L'historien et résistant Marc Bloch entrera au Panthéon, a annoncé samedi Emmanuel Macron louant son "courage" et sa "lucidité" lors d'un discours à Strasbourg à l'occasion des 80 ans de la libération de la capitale alsacienne.
"Pour son œuvre, son enseignement et son courage, nous décidons que Marc Bloch entrera au Panthéon", a déclaré le chef de l'Etat à l'université de Strasbourg où Marc Bloch a enseigné.
Le président a loué sa "lucidité cinglante qui nous frappe aujourd'hui encore", son "audace des mots et des idées qui se doubla du courage physique" et sa "volonté française jusqu'à son dernier souffle, jusqu'à l'assassinat par la Gestapo".
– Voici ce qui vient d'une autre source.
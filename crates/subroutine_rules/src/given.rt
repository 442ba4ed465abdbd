//! The arguments of a call, each under the rule of its dummy. What breaks in one is put behind what breaks in those
//! before it.

ghost use Rattle.std.specs.Prelude.{◌≡◌, ◌++◌, IfOk, OnOk};
ghost use Rattle.std.specs.Option.{option_map};
ghost use Rattle.checked_tree.specs.ExpressionViews.{designator as designator_seen, expression, maybe_expression, maybe_result, result_variable as result_seen};
ghost use Rattle.checked_tree.specs.StatementViews.{collected as collected_seen};
ghost use Rattle.rule_definitions.specs.IntrinsicFunctions.{an_integer};
ghost use Rattle.rule_definitions.specs.IntrinsicSubroutines as rules;
ghost use Rattle.rule_definitions.specs.Parts as parts;
ghost use Rattle.part_rules.specs.Views.{placed};
ghost use Rattle.subroutine_rules.specs.Atoms.{atom_seen};
ghost use Rattle.subroutine_rules.specs.Parts.{given, given_number as number_given, given_stat as stat_given};

use crate::atom::{Atom, an_atom, an_atom_value};
use crate::collective::a_collected;
use crate::event::an_own_event;
use crate::several::noted;
use caf_base::refusal::NoMemory;
use checked_tree::action::Collected;
use checked_tree::expr::{Designator, ResultVariable, TypedExpr};
use part_rules::operand::integer;
use part_rules::part::Part;
use rule_definitions::broken::Broken;
use rule_definitions::rule;
use rule_definitions::taken::Taken;
use specifier_rules::result::result_variable;
use std::alloc::Global;

/// An ATOM of a type that the call takes.
pub fn given_atom(
    breaks: &mut Vec<Broken>,
    taken: Taken,
    part: Option<Part>,
) -> Result<Option<Atom>, NoMemory>
    ensures breaks { OnOk result (breaks.new.items ≡ breaks.old.items ++ (given (rules.an_atom taken) (option_map placed part)).breaks) }
    ensures meaning { IfOk result (λ m. option_map atom_seen m ≡ (given (rules.an_atom taken) (option_map placed part)).meaning) }
{
    match part {
        Some(part) => noted(breaks, an_atom(taken, part)?),
        None => Ok(None),
    }
}

/// A value beside an ATOM.
pub fn given_value(
    breaks: &mut Vec<Broken>,
    taken: Taken,
    part: Option<Part>,
) -> Result<Option<TypedExpr>, NoMemory>
    ensures breaks { OnOk result (breaks.new.items ≡ breaks.old.items ++ (given (rules.an_atom_value taken) (option_map placed part)).breaks) }
    ensures meaning { IfOk result (λ m. option_map expression m ≡ (given (rules.an_atom_value taken) (option_map placed part)).meaning) }
{
    match part {
        Some(part) => noted(breaks, an_atom_value(taken, part)?),
        None => Ok(None),
    }
}

/// A variable that the call sets.
pub fn given_result(
    alloc: Global,
    breaks: &mut Vec<Broken>,
    taken: Taken,
    part: Option<Part>,
) -> Result<Option<ResultVariable>, NoMemory>
    ensures breaks { OnOk result (breaks.new.items ≡ breaks.old.items ++ (given (parts.result_variable taken) (option_map placed part)).breaks) }
    ensures meaning { IfOk result (λ m. option_map result_seen m ≡ (given (parts.result_variable taken) (option_map placed part)).meaning) }
{
    match part {
        Some(part) => noted(breaks, result_variable(alloc, taken, part)?),
        None => Ok(None),
    }
}

/// An event of this image.
pub fn given_event(
    breaks: &mut Vec<Broken>,
    part: Option<Part>,
) -> Result<Option<Designator>, NoMemory>
    ensures breaks { OnOk result (breaks.new.items ≡ breaks.old.items ++ (given rules.an_own_event (option_map placed part)).breaks) }
    ensures meaning { IfOk result (λ m. option_map designator_seen m ≡ (given rules.an_own_event (option_map placed part)).meaning) }
{
    match part {
        Some(part) => noted(breaks, an_own_event(part)?),
        None => Ok(None),
    }
}

/// The argument A of a collective.
pub fn given_collected(
    breaks: &mut Vec<Broken>,
    takes_logicals: bool,
    part: Option<Part>,
) -> Result<Option<Collected>, NoMemory>
    ensures breaks { OnOk result (breaks.new.items ≡ breaks.old.items ++ (given (rules.a_collected takes_logicals) (option_map placed part)).breaks) }
    ensures meaning { IfOk result (λ m. option_map collected_seen m ≡ (given (rules.a_collected takes_logicals) (option_map placed part)).meaning) }
{
    match part {
        Some(part) => noted(breaks, a_collected(takes_logicals, part)?),
        None => Ok(None),
    }
}

/// An image: rule 59 for what is no integer.
pub fn given_image(
    breaks: &mut Vec<Broken>,
    part: Option<Part>,
) -> Result<Option<TypedExpr>, NoMemory>
    ensures breaks { OnOk result (breaks.new.items ≡ breaks.old.items ++ (given an_integer (option_map placed part)).breaks) }
    ensures meaning { IfOk result (λ m. option_map expression m ≡ (given an_integer (option_map placed part)).meaning) }
{
    match part {
        Some(part) => noted(breaks, integer(rule::INTRINSIC_ARGUMENT, part)?),
        None => Ok(None),
    }
}

/// An image that may be missing.
pub fn given_number(
    breaks: &mut Vec<Broken>,
    part: Option<Part>,
) -> Result<Option<Option<TypedExpr>>, NoMemory>
    ensures breaks { OnOk result (breaks.new.items ≡ breaks.old.items ++ (number_given (option_map placed part)).breaks) }
    ensures meaning { IfOk result (λ m. option_map maybe_expression m ≡ (number_given (option_map placed part)).meaning) }
{
    let Some(part) = part else {
        return Ok(Some(None));
    };
    match noted(breaks, integer(rule::INTRINSIC_ARGUMENT, part)?)? {
        Some(number) => Ok(Some(Some(number))),
        None => Ok(None),
    }
}

/// The variable STAT, which may be missing.
pub fn given_stat(
    alloc: Global,
    breaks: &mut Vec<Broken>,
    part: Option<Part>,
) -> Result<Option<Option<ResultVariable>>, NoMemory>
    ensures breaks { OnOk result (breaks.new.items ≡ breaks.old.items ++ (stat_given (option_map placed part)).breaks) }
    ensures meaning { IfOk result (λ m. option_map maybe_result m ≡ (stat_given (option_map placed part)).meaning) }
{
    let Some(part) = part else {
        return Ok(Some(None));
    };
    match noted(breaks, result_variable(alloc, Taken::Integers, part)?)? {
        Some(variable) => Ok(Some(Some(variable))),
        None => Ok(None),
    }
}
Emmanuel Macron a aussi remis la Légion d'honneur à son fils Daniel Bloch.
"La famille est très émue. Nous espérons que cet hommage qui va lui être rendu permettra de faire connaître mieux, davantage, de faire rayonner son œuvre", a réagi auprès de l'AFP Hélène Seguret, 50 ans, arrière-petite-fille de Marc Bloch, après avoir assisté au discours du président.
Rappelant que Marc Bloch était professeur, père de six enfants et "très attaché à la jeunesse", elle a souhaité que cette dernière soit "très impliquée" dans cet hommage.
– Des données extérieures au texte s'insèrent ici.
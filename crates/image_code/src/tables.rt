//! What stands beside the steps of code.

ghost use Rattle.std.specs.Prelude.{◌≡◌};
ghost use Rattle.image_code.specs.Code.{no_tables};

use caf_base::listing::{Listing, Text};
use caf_base::value::Kind;
use std::alloc::Global;

/// What a cell of a coarray holds.
#[derive(Clone, Copy)]
pub enum CellType {
    /// An integer or a logical value.
    Value(Kind),
    /// EVENT_TYPE (ISO/IEC 1539-1:2018, 16.10.2.10)
    Event,
    /// LOCK_TYPE (16.10.2.19)
    Lock,
}

/// A declared coarray. A static one is there from the start, with these bounds, cobounds and first values in array
/// element order, truth values as 1 and 0; of an allocatable one the four are empty, and it has no cells.
#[derive(Drop)]
pub struct Coarray {
    pub of_type: CellType,
    pub is_allocatable: bool,
    pub cells: u32,
    pub bounds: Listing<(i64, i64)>,
    pub lower_cobounds: Listing<i64>,
    pub coextents: Listing<i64>,
    pub first: Listing<i64>,
}

/// An array of the main program that is there from the start: lower and upper bounds, and its elements in array element
/// order, truth values as 1 and 0.
#[derive(Drop)]
pub struct FirstArray {
    pub bounds: Listing<(i64, i64)>,
    pub elements: Listing<i64>,
}

/// How the main program's frame begins: its scalars with hidden cells behind them, its arrays with those of constants
/// behind them, and how many local cells it takes.
#[derive(Drop)]
pub struct MainFrame {
    pub cells: Listing<i64>,
    pub arrays: Listing<Option<FirstArray>>,
    pub need: u32,
}

/// Coarrays in declared order; literals and formats; and how the main program's frame begins.
#[derive(Drop)]
pub struct Tables {
    pub coarrays: Listing<Coarray>,
    pub texts: Listing<Text>,
    pub main: MainFrame,
}

impl Tables {
    /// Empty tables.
    pub fn new(alloc: Global) -> Tables
        ensures { result ≡ no_tables }
    {
        Tables {
            coarrays: Listing::new(alloc),
            texts: Listing::new(alloc),
            main: MainFrame {
                cells: Listing::new(alloc),
                arrays: Listing::new(alloc),
                need: 0,
            },
        }
    }
}
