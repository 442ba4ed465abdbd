//! Events (11.6.7, 11.6.8, 16.9.72): rules 49 and 50.

ghost use Rattle.std.specs.Prelude.{◌≡◌, IfOk};
ghost use Rattle.std.specs.Option.{option_map};
ghost use Rattle.checked_tree.specs.ExpressionViews.{designator as designator_seen, expression};
ghost use Rattle.rule_definitions.specs.IntrinsicSubroutines as rules;
ghost use Rattle.rule_definitions.specs.Names.{is_event};
ghost use Rattle.part_rules.specs.Views.{placed};

use caf_base::refusal::NoMemory;
use checked_tree::data::DataType;
use checked_tree::expr::{Designator, TypedExpr};
use part_rules::judged::{Judged, ruled};
use part_rules::part::{Part, plain};
use rule_definitions::rule;
use specifier_rules::variable::{as_designator, designator_in, missing};

/// Whether a type is EVENT_TYPE (16.10.2.10).
fn is_event_type(of_type: DataType) -> bool
    ensures { result ≡ is_event of_type }
{
    match of_type {
        DataType::Event => true,
        DataType::Intrinsic(_) | DataType::Team | DataType::Lock => false,
    }
}

/// Whether a designator has an image selector (9.6).
#[tactic(auto, using(checked_tree::specs::ExpressionViews::typed_forms))]
fn is_coindexed(designator: &Designator) -> bool
    ensures { result ≡ rules.is_coindexed (designator_seen designator.now) }
{
    match &designator.selector {
        Some(_) => true,
        None => false,
    }
}

/// Whether an expression is a coindexed variable or a part of one (9.6).
#[tactic(auto, using(crate::proofs::Variables::coindexed_by_designator))]
pub fn is_coindexed_form(value: &TypedExpr) -> bool
    ensures { result ≡ rules.is_coindexed_form (expression value.now) }
{
    match as_designator(&value.form) {
        Some(designator) => is_coindexed(designator),
        None => false,
    }
}

/// The scalar event that an expression is, where it is one.
#[tactic(auto, using(crate::proofs::Variables::event_by_designator))]
fn event_of(value: TypedExpr) -> Option<Designator>
    ensures { option_map designator_seen result ≡ rules.event_of (expression value) }
{
    if !is_event_type(value.of_type) || value.rank != 0 {
        drop(value);
        return None;
    }
    designator_in(value.into_form())
}

/// An event of any image (11.6.7): rule 49 for what is no scalar event.
pub fn an_event(part: Part) -> Result<Judged<Designator>, NoMemory>
    ensures breaks { IfOk result (λ j. j.breaks.items ≡ (rules.an_event (placed part)).breaks) }
    ensures meaning { IfOk result (λ j. option_map designator_seen j.meaning ≡ (rules.an_event (placed part)).meaning) }
{
    let at = part.at;
    let Judged { breaks, meaning } = plain(part)?;
    let Some(value) = meaning else {
        return Ok(Judged {
            breaks,
            meaning: None,
        });
    };
    match event_of(value) {
        Some(event) => Ok(Judged {
            breaks,
            meaning: Some(event),
        }),
        None => missing(breaks, rule::EVENT, at),
    }
}

/// An event of this image (11.6.8, 16.9.72): rule 49 for what is no scalar event, rule 50 for a coindexed one.
pub fn an_own_event(part: Part) -> Result<Judged<Designator>, NoMemory>
    ensures breaks { IfOk result (λ j. j.breaks.items ≡ (rules.an_own_event (placed part)).breaks) }
    ensures meaning { IfOk result (λ j. option_map designator_seen j.meaning ≡ (rules.an_own_event (placed part)).meaning) }
{
    let at = part.at;
    let Judged { breaks, meaning } = plain(part)?;
    let Some(value) = meaning else {
        return Ok(Judged {
            breaks,
            meaning: None,
        });
    };
    let is_own = !is_coindexed_form(&value);
    let found = match event_of(value) {
        Some(event) => Judged {
            breaks,
            meaning: Some(event),
        },
        None => missing(breaks, rule::EVENT, at)?,
    };
    ruled(found, is_own, rule::COINDEXED_EVENT, at)
}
Dans une lettre au président de la République, dont l'AFP a obtenu copie, la famille demande aussi que "l'extrême droite, dans toutes ses formes, soit exclue de toute participation à la cérémonie" d'entrée au Panthéon.
Issu d'une famille juive alsacienne, professeur d'histoire du Moyen-Age à l'université de Strasbourg de 1919 à 1936, Marc Bloch a renouvelé en profondeur le champ de la recherche historique en l'étendant à la sociologie, la géographie, la psychologie et l'économie.
Capitaine et Croix de guerre en 1914-1918, de nouveau mobilisé en 1939, Marc Bloch s'engage dans la résistance au tournant des années 1942/43.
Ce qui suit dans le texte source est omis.